---------- Data for analysis ----------
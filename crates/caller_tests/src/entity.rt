use cfdp_types::TxnKey;
use entity_routing::Request;
use lane_table::Done;
use shared_entity::{Entity, EntityRefusal, Names, NoGate};
use std::sync::Wait;

/// Cancels a transaction of a user's, from any thread. A program sends the PDUs of the answer, and starts and stops its timers.
fn cancel<N: Names, R: Wait + Copy>(
    rt: &R,
    entity: &Entity<N, R>,
    user: usize,
    key: TxnKey,
) -> Result<Option<Done>, EntityRefusal> {
    let request = Request::Cancel(key);
    if !entity.may_request(user, &request) {
        return Ok(None);
    }
    match entity.request(rt, &NoGate, user, request)? {
        Ok(done) => Ok(Some(done)),
        Err(refused) => Err(EntityRefusal::Lane(refused)),
    }
}

// ---- the test
ghost use Rattle.shared_entity.specs.Opening.{AreQueuesFor};

use cfdp_types::EntityId;
use entity_config::Config;
use shared_entity::queues_of;
use std::alloc::{AllocError, Global};
use std::marker::Brand;
use std::test::*;
use user_queues::Queues;

// Whether a transaction that nobody put can't be cancelled. The proofs about an entity refer to its queues by the name
// `N`.
fn refuses<N: Names, R: Wait + Copy>(
    rt: R,
    alloc: Global,
    config: Config,
    queues: Queues<R>,
) -> Result<bool, AllocError>
    requires { AreQueuesFor N.queue N.lanes config queues }
{
    let (entity, _ports) = Entity::<N, R>::open(alloc, config, queues)?;
    let key = TxnKey {
        source: EntityId(2),
        seq: 4,
    };
    let is_refused = cancel(&rt, &entity, 0, key).is_err();
    let is_nobody = matches!(cancel(&rt, &entity, 9, key), Ok(None));
    entity.into_lanes();
    Ok(is_refused && is_nobody)
}

#[test]
fn nothing_is_there_to_cancel(rt: HostRuntime) -> Result<(), Fail> {
    let alloc = rt.alloc();
    let config = Config::reference(alloc)?;
    let queues = queues_of(rt, alloc, &config)?;
    let refuses = refuses::<Brand, HostRuntime>(rt, alloc, config, queues)?;
    assert!(rt; refuses);
    Ok(())
}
----------
* What this task involves: What are the lines above that hold the string "refuses"? Copy them.

* Written answer:
fn refuses<N: Names, R: Wait + Copy>(
    let refuses = refuses::<Brand, HostRuntime>(rt, alloc, config, queues)?;
    assert!(rt; refuses);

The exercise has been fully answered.